[Stored items]
________________________
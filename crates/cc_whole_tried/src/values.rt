//! The values of expressions (5.3 to 5.13).

use crate::trial::ends;
use cc_whole_run::End;
use std::test::Fail;

const SIGNED: [(&str, i64); 14] = [
    ("return 3;", 3),
    ("return -9 >> 1;", -5),
    ("return -7 / 2;", -3),
    ("return -7 % 2;", -1),
    ("return -2147483648 % -1;", 0),
    ("return (1 << 31) == -2147483648;", 1),
    ("return ~5;", -6),
    ("return !0;", 1),
    ("return !7;", 0),
    ("return -(5 - 8);", 3),
    ("return (12 & 10) + ((12 ^ 10) + (12 | 10));", 28),
    ("return (3 < 4) + ((3 > 4) + ((3 <= 3) + (3 >= 4)));", 2),
    ("return (3 == 4) + (3 != 4);", 1),
    ("x = 2147483647; return x - 2147483646;", 1),
];

/// Two integers of which one is unsigned are computed as unsigned, and `char` is signed.
const CONVERTED: [(&str, i64); 10] = [
    ("return (int)(4294967295u + 2u);", 1),
    ("return -1 < 1u;", 0),
    ("return (int)(4294967295u / 2u) == 2147483647;", 1),
    ("return (int)(2147483648u >> 31);", 1),
    ("return (int)(char)200;", -56),
    ("return (int)(unsigned char)456;", 200),
    ("return (int)(short)32768;", -32768),
    ("return (int)(unsigned short)65537;", 1),
    ("c = (char)-1; return (int)c;", -1),
    ("return (int)(unsigned)-1;", -1),
];

#[test]
fn ints(rt: HostRuntime) -> Result<(), Fail> {
    for (main, status) in SIGNED {
        ends(&rt, rt.alloc(), "", main, End::Ended { status })?;
    }
    Ok(())
}

#[test]
fn integers_of_other_types(rt: HostRuntime) -> Result<(), Fail> {
    for (main, status) in CONVERTED {
        ends(&rt, rt.alloc(), "", main, End::Ended { status })?;
    }
    Ok(())
}
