//! Calls by name and through pointers, their ticks and their depth.

use crate::trial::{SHORT, Want, runs};
use cc_whole_memory::Act;
use cc_whole_run::{End, Limits};
use std::alloc::Global;
use std::process::Abort;
use std::test::Fail;

const HELPERS: &str =
    "int g(int n) { putchar(n); return n + 1; } int h(char *p) { return 4; } int __ha(void) { return 6; } int e(void) { } void v(int n, int m) { putchar(n + m); }";

/// The statements of a `main`, what they put, how many functions they enter, and how they end.
type Row = (&'static str, &'static str, u64, End);

const CALLS: [Row; 8] = [
    ("x = g(65); return x;", "A", 1, End::Ended { status: 66 }),
    ("g(65); g(66); return 0;", "AB", 2, End::Ended { status: 0 }),
    ("v(60, 5); return 0;", "A", 1, End::Ended { status: 0 }),
    (
        "f = g; x = ((int (*)(int))(f))(65); return x;",
        "A",
        1,
        End::Ended { status: 66 },
    ),
    (
        "x = ((int (*)(int))(putchar))(66); return x;",
        "B",
        0,
        End::Ended { status: 66 },
    ),
    (
        "((void (*)(int, int))(v))(33, 33); return 1;",
        "B",
        1,
        End::Ended { status: 1 },
    ),
    ("x = __ha(); return x;", "", 0, End::Ended { status: 6 }),
    ("e(); return 1;", "", 1, End::Ended { status: 1 }),
];

const OF_ANOTHER_TYPE: [Row; 4] = [
    (
        "f = h; x = ((int (*)(int))(f))(1);",
        "",
        0,
        End::Undefined { act: Act::A9 },
    ),
    (
        "f = e; ((void (*)(void))(f))();",
        "",
        0,
        End::Undefined { act: Act::A9 },
    ),
    (
        "f = g; g(65); x = ((int (*)(void))(f))();",
        "A",
        1,
        End::Undefined { act: Act::A9 },
    ),
    (
        "atexit(g); return 1;",
        "",
        0,
        End::Undefined { act: Act::A9 },
    ),
];

const NOT_RETURNED: [Row; 4] = [
    ("x = e();", "", 1, End::Undefined { act: Act::A11 }),
    (
        "f = e; x = ((int (*)(void))(f))();",
        "",
        1,
        End::Undefined { act: Act::A11 },
    ),
    ("g(65);", "A", 1, End::Undefined { act: Act::A11 }),
    ("", "", 0, End::Undefined { act: Act::A11 }),
];

/// The place is evaluated first, then what is called, then the arguments in order; then null or another type is an act.
const ORDER: [Row; 7] = [
    (
        "*(int *)(a + 99) = ((int (*)(void))(f))();",
        "",
        0,
        End::Undefined { act: Act::A6 },
    ),
    (
        "x = ((int (*)(int))(f))(1 / 0);",
        "",
        0,
        End::Undefined { act: Act::A7 },
    ),
    (
        "f = 0; x = ((int (*)(int))(f))(x);",
        "",
        0,
        End::Undefined { act: Act::A7 },
    ),
    (
        "f = h; x = ((int (*)(int))(f))(1 / 0);",
        "",
        0,
        End::Undefined { act: Act::A2 },
    ),
    ("v(1 / 0, 1 << 32);", "", 0, End::Undefined { act: Act::A2 }),
    ("v(1 << 32, 1 / 0);", "", 0, End::Undefined { act: Act::A3 }),
    (
        "*(int *)((char *)0) = g(65);",
        "A",
        1,
        End::Undefined { act: Act::A4 },
    ),
];

/// Ticks, levels of depth, and a row.
const SPENT: [(u64, u32, Row); 7] = [
    (
        0,
        0,
        ("x = __ha(); return x;", "", 0, End::Ended { status: 6 }),
    ),
    (0, 0, ("e();", "", 0, End::Ticks)),
    (1, 0, ("e();", "", 0, End::Depth)),
    (
        2,
        1,
        ("e(); e(); return 1;", "", 2, End::Ended { status: 1 }),
    ),
    (1, 1, ("g(65); g(66); return 1;", "A", 1, End::Ticks)),
    (5, 1, ("for (;;) { }", "", 0, End::Ticks)),
    (
        9,
        1,
        (
            "x = putchar(65); x = putchar(66); return x;",
            "AB",
            0,
            End::Ended { status: 66 },
        ),
    ),
];

fn all_run(rt: &impl Abort, alloc: Global, rows: &[Row]) -> Result<(), Fail> {
    for (main, out, entered, end) in rows {
        let want = Want {
            out: out.as_bytes(),
            entered: *entered,
            end: *end,
        };
        runs(rt, alloc, SHORT, HELPERS, main, want)?;
    }
    Ok(())
}

#[test]
fn calls(rt: HostRuntime) -> Result<(), Fail> {
    all_run(&rt, rt.alloc(), CALLS.as_slice())
}

#[test]
fn functions_of_another_type(rt: HostRuntime) -> Result<(), Fail> {
    all_run(&rt, rt.alloc(), OF_ANOTHER_TYPE.as_slice())
}

#[test]
fn results_that_are_not_returned(rt: HostRuntime) -> Result<(), Fail> {
    all_run(&rt, rt.alloc(), NOT_RETURNED.as_slice())
}

#[test]
fn order_inside_a_call(rt: HostRuntime) -> Result<(), Fail> {
    all_run(&rt, rt.alloc(), ORDER.as_slice())
}

#[test]
fn ticks_and_depth(rt: HostRuntime) -> Result<(), Fail> {
    for (ticks, depth, (main, out, entered, end)) in SPENT {
        let limits = Limits {
            ticks,
            depth,
            heap: 0,
        };
        let want = Want {
            out: out.as_bytes(),
            entered,
            end,
        };
        runs(&rt, rt.alloc(), limits, HELPERS, main, want)?;
    }
    Ok(())
}
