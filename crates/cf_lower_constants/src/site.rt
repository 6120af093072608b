//! What the statements of an initialiser stand in.

use cf_lower_types::Tables;
use std::alloc::Global;

/// What the statements of an initialiser stand in.
#[derive(Drop)]
pub struct Site<'a> {
    pub alloc: Global,
    pub tables: &'a Tables<'a>,
    /// The function whose literals its literals are numbered with, by its link name.
    pub owner: &'a [u8],
}
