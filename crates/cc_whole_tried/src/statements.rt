//! Loops, `switch`, blocks.

use crate::trial::{Want, ends, runs};
use cc_whole_run::{End, Limits};
use std::test::Fail;

const SWITCHED: &str =
    "switch (y) { case 1: x = 1; break; default: x = 2; case 4294967295u: x = x + 10; } return x;";

const BODIES: [(&str, i64); 10] = [
    ("if (0) { return 1; } else { return 2; }", 2),
    ("if (2) { return 1; } return 2;", 1),
    ("x = 1; { int x; x = 2; } return x;", 1),
    ("x = 1; { int z; z = 2; x = x + z; } return x;", 3),
    (
        "x = 0; for (;;) { if (x == 1) { return 7; } x = 1; switch (1) { case 1: continue; } return 8; }",
        7,
    ),
    (
        "x = 0; for (;;) { x = x + 1; for (;;) { break; } if (x == 3) { break; } } return x;",
        3,
    ),
    ("switch (2) { case 1: return 9; } return 3;", 3),
    ("switch (2) { x = 1; return 9; } return 3;", 3),
    (
        "switch ((char)-1) { case 255: return 1; case -1: return 2; }",
        2,
    ),
    (
        "for (;;) { switch (1) { default: break; } break; } return 4;",
        4,
    ),
];

/// The value of a `switch`, and what its labels make of it. Labels are equal modulo 2^32.
const LABELS: [(&str, i64); 3] = [("y = 1;", 1), ("y = 7;", 12), ("x = 5; y = -1;", 15)];

const THREE_TURNS: &str =
    "x = 0; for (;;) { x = x + 1; if (x < 3) { continue; } break; } return x;";

#[test]
fn bodies(rt: HostRuntime) -> Result<(), Fail> {
    for (main, status) in BODIES {
        ends(&rt, rt.alloc(), "", main, End::Ended { status })?;
    }
    Ok(())
}

#[test]
fn labels(rt: HostRuntime) -> Result<(), Fail> {
    for (before, status) in LABELS {
        let main = format!(in rt.alloc(); "{before} {SWITCHED}")?;
        ends(&rt, rt.alloc(), "", main.as_str(), End::Ended { status })?;
    }
    Ok(())
}

#[test]
fn a_tick_for_each_turn(rt: HostRuntime) -> Result<(), Fail> {
    for (ticks, end) in [(2, End::Ticks), (3, End::Ended { status: 3 })] {
        let limits = Limits {
            ticks,
            depth: 0,
            heap: 0,
        };
        let want = Want {
            out: b"".as_slice(),
            entered: 0,
            end,
        };
        runs(&rt, rt.alloc(), limits, "", THREE_TURNS, want)?;
    }
    Ok(())
}
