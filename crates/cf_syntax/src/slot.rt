//! The slot of a name in a table.

ghost use Rattle.std.specs.Prelude.{◌≡◌};
ghost use Rattle.cf_syntax.specs.Slots.{slot_of};

/// How many slots a table has, a prime.
const SLOTS: usize = 65_521;

/// The slot of this name.
pub fn slot_of(name: &[u8]) -> usize
    ensures { result ≡ slot_of name.now }
{
    let mut slot = 0;
    for byte in name {
        slot = (slot * 31 + *byte as usize) % SLOTS;
    }
    slot
}
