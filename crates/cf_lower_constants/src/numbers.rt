//! Operators on known numbers.

ghost use Rattle.std.specs.Prelude.{◌≡◌, IfOk, IsTrue};
ghost use Rattle.std.specs.Result.{result_ok};
ghost use Rattle.cf_base.specs.Integers as integers;
ghost use Rattle.cf_types.specs.Operators as operators;
ghost use Rattle.cf_lower_constants.specs.Knowing as spec;

use crate::known::Fact;
use cf_base::{Arith, Kind, Memory};
use cf_core::UnaryOperator;
use cf_types::{convert_int, int_op};

/// The number, if it is known to be one.
pub fn number_of(fact: &Fact) -> Option<i64>
    ensures { result ≡ spec.fact_number fact.now }
{
    match fact {
        Fact::Number(number) => Some(*number),
        Fact::Nothing | Fact::Null | Fact::Place(_) | Fact::Function => None,
    }
}

/// A number, if there is one.
pub(crate) fn of_number(number: Option<i64>) -> Fact
    ensures { result ≡ spec.number_fact number }
{
    match number {
        None => Fact::Nothing,
        Some(number) => Fact::Number(number),
    }
}

/// Whether it is a value of the type (3.6.1).
pub fn fits(kind: Kind, number: i64) -> bool
    ensures { result ≡ integers.fits kind number }
{
    match kind {
        Kind::Char | Kind::SChar => -128 <= number && number < 128,
        Kind::UChar => 0 <= number && number < 256,
        Kind::Short => -32768 <= number && number < 32768,
        Kind::UShort => 0 <= number && number < 65536,
        Kind::Int | Kind::Long => -2147483648 <= number && number < 2147483648,
        Kind::UInt | Kind::ULong => 0 <= number && number < 4294967296,
    }
}

/// A value, if it is one of the type. Any other is answered as if memory had ended.
fn operand(kind: Kind, value: i64) -> Result<i64, Memory>
    ensures same { IfOk result (λ given. given ≡ value) }
    ensures fits { IfOk result (λ given. IsTrue (integers.fits kind given)) }
{
    if fits(kind, value) {
        Ok(value)
    } else {
        Err(Memory)
    }
}

/// Whether the right operand is a count (5.8).
fn is_shift(op: Arith) -> bool
    ensures { result ≡ operators.is_shift op }
{
    matches!(op, Arith::ShiftLeft | Arith::ShiftRight)
}

/// What an operator gives at two numbers, if it gives one (5.6 to 5.13). Numbers that no operands of the type are, are answered as if memory had ended.
#[tactic(auto, using(crate::proofs::Operands::shift_takes, crate::proofs::Operands::both_taken))]
fn computed(op: Arith, kind: Kind, a: i64, b: i64) -> Result<Option<i64>, Memory>
    ensures { IfOk result (λ given. given ≡ result_ok (integers.int_op op kind a b)) }
{
    let left = operand(kind, a)?;
    if is_shift(op) {
        return Ok(int_op(op, kind, left, b));
    }
    let right = operand(kind, b)?;
    Ok(int_op(op, kind, left, right))
}

/// The same where both may be unknown.
pub(crate) fn operated_on(
    op: Arith,
    kind: Kind,
    a: Option<i64>,
    b: Option<i64>,
) -> Result<Option<i64>, Memory>
    ensures { IfOk result (λ given. given ≡ spec.operated_on op kind a b) }
{
    let Some(left) = a else {
        return Ok(None);
    };
    let Some(right) = b else {
        return Ok(None);
    };
    let given = computed(op, kind, left, right)?;
    Ok(given)
}

/// What an operator gives at one number, if that is known (5.3).
pub(crate) fn changed_to(
    op: UnaryOperator,
    kind: Kind,
    a: Option<i64>,
) -> Result<Option<i64>, Memory>
    ensures { IfOk result (λ given. given ≡ spec.changed_to op kind a) }
{
    let Some(operand) = a else {
        return Ok(None);
    };
    match op {
        UnaryOperator::Negate => {
            let given = computed(Arith::Subtract, kind, 0, operand)?;
            Ok(given)
        }
        UnaryOperator::Complement => {
            let given = computed(Arith::Xor, kind, operand, convert_int(-1, kind))?;
            Ok(given)
        }
    }
}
________________________
> [What you should do]:
Make a list of all lines in the data that contain "default".

> [Task solution]:
    "switch (y) { case 1: x = 1; break; default: x = 2; case 4294967295u: x = x + 10; } return x;";
        "for (;;) { switch (1) { default: break; } break; } return 4;",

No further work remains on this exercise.